Rencontre avec Niels Schneider :“Le Festival de Cannes, c'est un peu la tombola”

Cinéma

L'acteur césarisé en 2017 est à l'affiche de Sentinelle sud, où il incarne, à l'inverse de ses précédents rôles de jeune homme délicat, un soldat rustre et taciturne. Rencontre avec l'un des piliers du cinéma français. 

Niels Schneider, en 2019, au Festival International du film de Saint Jean de Luz (Claude Medale/Getty Images) Niels Schneider, en 2019, au Festival International du film de Saint Jean de Luz (Claude Medale/Getty Images)
Niels Schneider, en 2019, au Festival International du film de Saint Jean de Luz (Claude Medale/Getty Images)

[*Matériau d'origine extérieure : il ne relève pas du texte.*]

// Action lines of table books, the cells and gotos in memory.
// Inner: for `table_blocks`.
#![tactic(auto)]

ghost use Rattle.std.specs.Prelude.{◌≡◌, List, [], ◌∷◌, Bool, ℕ, ◌+◌, ◌*◌, ◌≤◌, ◌<◌, length};
ghost use Rattle.leftcorner.specs.Table.{ActionLine, L};
ghost use Rattle.memory.specs.Memory.{pop_value};
ghost use Rattle.table_order.specs.Order.{action_key};
ghost use Rattle.table_order.specs.Last.{LastIs, HoldsLast};
ghost use Rattle.table_lines.specs.Image.{image, flag};
ghost use Rattle.table_lines.specs.Block.{Summarizes, Comes, Reads};
ghost use Rattle.table_actions.specs.Actions.{is_action, action_of, action_declared, judge_action, action_next, actions_from};
ghost use Rattle.table_actions.specs.Memory.{Formed, Cells, Stored, Flags, ActionImage, ActionMemory};

use range::in_range;
use reply::{Kind, Refusal};
use symbol::{CODES, Symbol};
use table_lines::{Block, Judgement, Line, Step, Tally};

#[tactic(auto, unfolding(crate::specs::Actions::is_action))]
fn is_action(letter: u8) -> bool
    ensures { result ≡ is_action letter }
{
    matches!(letter, b'S' | b'N' | b'A' | b'P')
}

// Whether the symbol is of the kind that the letter asks for, and the next state or the rule is declared.
#[tactic(auto, unfolding(crate::specs::Actions::action_declared))]
fn action_declared(
    t: usize,
    n: usize,
    rules: usize,
    states: usize,
    letter: u8,
    symbol: usize,
    v: usize,
) -> bool
    ensures { result ≡ action_declared t n rules states letter symbol v }
{
    let x = Symbol { code: symbol };
    match letter {
        b'S' => x.is_terminal(t) && in_range(1, v, states),
        b'N' => x.is_nonterminal(n) && in_range(1, v, states),
        b'A' => x.is_lookahead(t) && in_range(1, v, rules),
        _ => x.is_lookahead(t),
    }
}

fn judge_action(
    t: usize,
    n: usize,
    rules: usize,
    states: usize,
    lines: usize,
    letter: u8,
    p: Tally,
    numbers: &[usize],
    last: &[usize],
) -> Judgement
    requires { (length numbers.now ≡ 67) × (length last.now ≡ 2) }
    ensures { (l : List ActionLine) (ns : List ℕ) → length l ≡ lines → LastIs action_key last.now l → Summarizes ns p numbers.now → result ≡ judge_action t n rules states l letter ns }
{
    if !is_action(letter) {
        return Judgement::Faulty(Kind::Malformed);
    }
    if p.count != 3 {
        return Judgement::Faulty(Kind::Malformed);
    }
    if !table_order::is_after(lines, last, numbers) {
        return Judgement::Faulty(Kind::Malformed);
    }
    if 65535 < p.largest {
        return Judgement::Faulty(Kind::LimitExceeded);
    }
    if !in_range(1, numbers[0], states) {
        return Judgement::Faulty(Kind::Undeclared);
    }
    if !action_declared(t, n, rules, states, letter, numbers[1], numbers[2]) {
        return Judgement::Faulty(Kind::Undeclared);
    }
    Judgement::Fine
}

// A pop's value in its cell.
fn pop_value(count: usize) -> usize
    ensures { (result ≡ pop_value count) × (result < 256) }
{
    match count {
        1..=255 => count - 1,
        _ => 255,
    }
}

// Stores the cell or the goto of a line, and marks its next state as named.
#[tactic(auto, unfolding(crate::specs::Actions::action_of))]
fn store_action(
    letter: u8,
    state: usize,
    symbol: usize,
    v: usize,
    kinds: &mut [u8],
    values: &mut [u8],
    gotos: &mut [u8],
    named: &mut [u8],
)
    requires { Formed (L state symbol (action_of letter v)) }
    ensures { Stored (L state symbol (action_of letter v)) kinds.old values.old gotos.old named.old kinds.new values.new gotos.new named.new }
{
    let cell = state * CODES + symbol;
    match letter {
        b'S' => {
            table_lines::put(kinds, cell, 1);
            table_lines::put(values, cell, v);
            table_lines::put(named, v, 1);
        }
        b'N' => {
            table_lines::put(gotos, cell - Symbol::FIRST_NONTERMINAL, v);
            table_lines::put(named, v, 1);
        }
        b'A' => {
            table_lines::put(kinds, cell, 2);
            table_lines::put(values, cell, v);
        }
        _ => {
            table_lines::put(kinds, cell, 3);
            table_lines::put(values, cell, pop_value(v));
        }
    }
}

// A line's state and symbol are now the last.
fn keep_pair(last: &mut [usize], state: usize, symbol: usize)
    requires { length last.old ≡ 2 }
    ensures { last.new ≡ state ∷ symbol ∷ [] }
{
    last.copy_from_slice(&[state, symbol]);
}

// The action line at `at`, after so many others.
fn read_action(
    s: &[u8],
    at: usize,
    t: usize,
    n: usize,
    rules: usize,
    states: usize,
    lines: usize,
    kinds: &mut [u8],
    values: &mut [u8],
    gotos: &mut [u8],
    named: &mut [u8],
    last: &mut [usize],
) -> Step
    requires s_len_bound { (length s.now < 65537) × (t ≤ 63) × (n ≤ 64) × (rules ≤ 127) × (states ≤ 255) × (length last.old ≡ 2) }
    requires holds_last { HoldsLast action_key last.old lines }
    ensures { (e : ℕ → Bool) (a b c d : ℕ) (l : List ActionLine) → length l ≡ lines → ActionMemory e a b c d l kinds.old values.old gotos.old named.old last.old
        → Comes l (λ k. ActionMemory e a b c d k kinds.new values.new gotos.new named.new last.new) (action_next s.now t n rules states at l) result }
{
    if s.len() <= at {
        return Step::Stopped;
    }
    let mut numbers = [0usize; 67];
    let Line::Whole(letter, p, next) = table_lines::read_line(s, at, &mut numbers) else {
        return Step::Refused(Refusal {
            kind: Kind::Malformed,
            place: at,
        });
    };
    let judgement = judge_action(t, n, rules, states, lines, letter, p, &numbers, last);
    if let Judgement::Faulty(kind) = judgement {
        return Step::Refused(Refusal { kind, place: at });
    }
    store_action(
        letter, numbers[0], numbers[1], numbers[2], kinds, values, gotos, named,
    );
    keep_pair(last, numbers[0], numbers[1]);
    Step::Taken(next)
}

// The action lines from `first` on, with a place for the last line's state and symbol.
fn read_rising(
    s: &[u8],
    first: usize,
    t: usize,
    n: usize,
    rules: usize,
    states: usize,
    kinds: &mut [u8],
    values: &mut [u8],
    gotos: &mut [u8],
    named: &mut [u8],
    last: &mut [usize],
) -> Block
    requires s_len_bound { (length s.now < 65537) × (t ≤ 63) × (n ≤ 64) × (rules ≤ 127) × (states ≤ 255) × (length last.old ≡ 2) × LastIs action_key last.old [] }
    requires cells { Cells (length kinds.old) (length values.old) (length gotos.old) [] kinds.old values.old gotos.old }
    requires flags { Flags named.old }
    ensures { (e : ℕ → Bool) → named.old ≡ image (length named.old) (λ q. flag (e q))
        → Reads (λ l. ActionMemory e (length kinds.old) (length values.old) (length gotos.old) (length named.old) l kinds.new values.new gotos.new named.new last.new) (actions_from s.now t n rules states first) result }
{
    let mut at = first;
    for k in 0..s.len() {
        match read_action(
            s, at, t, n, rules, states, k, kinds, values, gotos, named, last,
        ) {
            Step::Taken(next) => at = next,
            Step::Stopped => return Block::Read(k, at),
            Step::Refused(why) => return Block::Refused(why),
        }
    }
    Block::Read(s.len(), at)
}

// The action lines from `first` on to the book's end. A refusal leaves the slices free; `table::read_tables` then clears them.
pub fn read_actions(
    s: &[u8],
    first: usize,
    t: usize,
    n: usize,
    rules: usize,
    states: usize,
    kinds: &mut [u8],
    values: &mut [u8],
    gotos: &mut [u8],
    named: &mut [u8],
) -> Block
    requires s_len_bound { (length s.now < 65537) × (t ≤ 63) × (n ≤ 64) × (rules ≤ 127) × (states ≤ 255) }
    requires cells { Cells (length kinds.old) (length values.old) (length gotos.old) [] kinds.old values.old gotos.old }
    requires flags { Flags named.old }
    ensures { (e : ℕ → Bool) → named.old ≡ image (length named.old) (λ q. flag (e q))
        → Reads (λ l. ActionImage e (length kinds.old) (length values.old) (length gotos.old) (length named.old) l kinds.new values.new gotos.new named.new) (actions_from s.now t n rules states first) result }
{
    let mut last = [0usize; 2];
    read_rising(
        s, first, t, n, rules, states, kinds, values, gotos, named, &mut last,
    )
}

Après avoir été, un temps, l'acteur fétiche de Xavier Dolan et obtenu, en 2017, le César du “meilleur espoir masculin” pour Diamant noir d’Arthur Harari, Niels Schneider continue de s'illustrer comme l'un des piliers du cinéma français. Rencontré à quelques jours du second tour de l'élection présidentielle française pour laquelle il incitait fermement à voter Macron, l'aîné d'une fratrie d'artistes d'origine canadienne sera bientôt, et comme tous les ans depuis un moment déjà, sur le tapis rouge du Festival de Cannes, non pas pour y défendre un film mais soutenir sa compagne Virigine Efira, qui présente cette année la cérémonie. En attendant, on le retrouve à l'affiche de Sentinelle sud (avec Sofian Khammes et Denis Lavant), où il incarne, à l'inverse de ses précédents rôles de jeune homme délicat, un soldat rustre et taciturne.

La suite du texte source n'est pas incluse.